Download or read book Artificial Intelligence A Modern Approach 2 E written by Russell and published by Pearson Education India. This book was released on 2003-09 with total page 1056 pages. Available in PDF, EPUB and Kindle. Book excerpt:

Book Second Sight

Download or read book Second Sight written by Cheryl B. Klein and published by . This book was released on 2011 with total page 313 pages. Available in PDF, EPUB and Kindle. Book excerpt: Whether you dream of writing a book for children or young adults, or you want to take a finished manuscript to the next level, it always helps to get a fresh point of view.

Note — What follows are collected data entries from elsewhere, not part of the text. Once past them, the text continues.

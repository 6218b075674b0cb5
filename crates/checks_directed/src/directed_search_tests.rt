ghost use Rattle.std.specs.Prelude.{◌≡◌, length};
ghost use Rattle.st_model.specs.Network.{IsVertex};
ghost use Rattle.log_format.specs.Text.{IsLog};

mod drawn;

use amounts::Scale;
use arborescence::{DiInstance, di_cost, di_is_tree};
use cert_checker::{Checker, Posed, Verdict};
use directed_search::{DiOutcome, solve_directed};
use log_format::{Log, write_log};
use st_model::{Link, Tree};
use std::alloc::{AllocError, Global};
use std::test::Fail;
use std::thread::Threads;
use test_instances::link;

// An arc from 1 to 2 at 4, one from 2 to 3 at 3, and one past 2 at 8, with 3 as a terminal.
fn three(alloc: Global, root: u32, other: u32) -> Result<DiInstance, AllocError>
    requires root { IsVertex 3 root }
    requires other { IsVertex 3 other }
{
    let arcs = [link(1, 2, 4), link(2, 3, 3), link(1, 3, 8)];
    DiInstance::build(alloc, 3, root, &arcs, &[other, 3])
}

// From a hub 1 to 2, 3 and 4, and from these to the terminals 5, 6 and 7, to each from two of them, and back,
// each arc at 2. A cheapest tree costs 10; cuts alone weigh at most 9, since half of each arc enters every cut.
fn wheel(alloc: Global) -> Result<DiInstance, AllocError> {
    let arcs = [
        link(1, 2, 2),
        link(1, 3, 2),
        link(1, 4, 2),
        link(2, 5, 2),
        link(5, 2, 2),
        link(3, 5, 2),
        link(5, 3, 2),
        link(3, 6, 2),
        link(6, 3, 2),
        link(4, 6, 2),
        link(6, 4, 2),
        link(2, 7, 2),
        link(7, 2, 2),
        link(4, 7, 2),
        link(7, 4, 2),
    ];
    DiInstance::build(alloc, 7, 1, &arcs, &[5, 6, 7])
}

// What a search found.
#[derive(Clone, Copy, Debug, PartialEq, Eq)]
pub struct Numbers {
    pub primal: u64,
    pub dual: u64,
    pub expanded: u64,
}

// What a tree costs; none where it is no tree.
fn cost(alloc: Global, instance: &DiInstance, tree: &Tree) -> Result<Option<u64>, AllocError> {
    if !di_is_tree(alloc, instance, tree)? {
        return Ok(None);
    }
    Ok(Some(di_cost(instance, tree)))
}

// The numbers of a search within a budget, if its tree costs what is said; none where it found no tree.
pub fn searched(
    alloc: Global,
    instance: &DiInstance,
    budget: u64,
) -> Result<Option<Numbers>, AllocError> {
    match solve_directed(alloc, instance, budget)? {
        DiOutcome::Found {
            tree,
            primal,
            dual,
            expanded,
            ..
        } => {
            let same = cost(alloc, instance, &tree)? == Some(primal);
            Ok(same.then_some(Numbers {
                primal,
                dual,
                expanded,
            }))
        }
        DiOutcome::NoTree { .. } => Ok(None),
    }
}

// A checker on an instance, to which nothing was fed.
fn begun(alloc: Global, instance: DiInstance) -> Checker
    ensures { length result.text ≡ 0 }
{
    Checker::on(alloc, Posed::Directed(instance), Scale::Whole)
}

// What an independent checker concludes of an instance from a log, if anything.
fn verdict<R: Threads + Sync>(
    rt: &R,
    alloc: Global,
    instance: DiInstance,
    log: &Log,
) -> Result<Option<Verdict>, AllocError>
    requires { IsLog log.now }
{
    let text = write_log(rt, alloc, log, 1)?;
    let checker = begun(alloc, instance);
    let checker = checker.feed(&text)?;
    match checker.finish() {
        Ok(checked) => Ok(Some(checked.verdict)),
        Err(_) => Ok(None),
    }
}

// What it concludes from the log of a search within a budget.
fn concluded<R: Threads + Sync>(
    rt: &R,
    alloc: Global,
    instance: DiInstance,
    budget: u64,
) -> Result<Option<Verdict>, AllocError> {
    match solve_directed(alloc, &instance, budget)? {
        DiOutcome::Found { certificate, .. } => verdict(rt, alloc, instance, &certificate),
        DiOutcome::NoTree { certificate } => verdict(rt, alloc, instance, &certificate),
    }
}

#[test]
fn finds_the_way_through(rt: HostRuntime) -> Result<(), Fail> {
    let instance = three(rt.alloc(), 1, 1)?;
    let found = searched(rt.alloc(), &instance, 100)?;
    assert!(rt; found.is_some_and(|found| found.primal == 7 && found.dual == 7));
    let verdict = concluded(&rt, rt.alloc(), instance, 100)?;
    assert!(rt; verdict == Some(Verdict::Optimal(7)));
    Ok(())
}

#[test]
fn bounds_nothing_without_budget(rt: HostRuntime) -> Result<(), Fail> {
    let instance = three(rt.alloc(), 1, 1)?;
    let found = searched(rt.alloc(), &instance, 0)?;
    assert!(rt;
        found.is_some_and(|found| 7 <= found.primal && found.dual == 0 && found.expanded == 0)
    );
    Ok(())
}

#[test]
fn splits_where_cuts_leave_a_gap(rt: HostRuntime) -> Result<(), Fail> {
    let instance = wheel(rt.alloc())?;
    let one = searched(rt.alloc(), &instance, 1)?;
    assert!(rt; one.is_some_and(|one| 10 <= one.primal && one.dual <= 9 && one.expanded == 1));
    let all = searched(rt.alloc(), &instance, 16)?;
    assert!(rt; all.is_some_and(|all| all.primal == 10 && all.dual == 10 && 1 < all.expanded));
    let verdict = concluded(&rt, rt.alloc(), instance, 16)?;
    assert!(rt; verdict == Some(Verdict::Optimal(10)));
    Ok(())
}

#[test]
fn shows_that_there_is_no_tree(rt: HostRuntime) -> Result<(), Fail> {
    let instance = three(rt.alloc(), 2, 1)?;
    assert!(rt; searched(rt.alloc(), &instance, 100)?.is_none());
    let verdict = concluded(&rt, rt.alloc(), instance, 100)?;
    assert!(rt; verdict == Some(Verdict::NoTree));
    Ok(())
}

#[test]
fn one_vertex_costs_nothing(rt: HostRuntime) -> Result<(), Fail> {
    let instance = DiInstance::build(rt.alloc(), 1, 1, &[], &[])?;
    let found = searched(rt.alloc(), &instance, 0)?;
    assert!(rt; found.is_some_and(|found| found.primal == 0 && found.dual == 0));
    let verdict = concluded(&rt, rt.alloc(), instance, 0)?;
    assert!(rt; verdict == Some(Verdict::Optimal(0)));
    Ok(())
}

Try a little SECOND SIGHT.In this collection of talks, a professional editor offers insights from the other side of the publishing desk on a wide range of writerly topics:* Terrific first lines and how they got that way* What makes a strong picture book manuscript* Why the Harry Potter series was such a tremendous success* Finding the emotional heart of your story* Worksheets and checklists for building characters and bolstering plot* The Annotated Query Letter from Hell* And an Annotated Query Letter That Does It RightWith its wit, intelligence, and practical tools for analyzing and revising your work, SECOND SIGHT will be a first resource for writers of children's and young adult fiction.This book has not been endorsed or approved by J. K. Rowling or any of her publishers or representatives, and all thoughts expressed here on all matters, including the Harry Potter series, are solely my own, and should not be taken as the official opinions, intentions, or interpretations of any of the writers or publishers mentioned.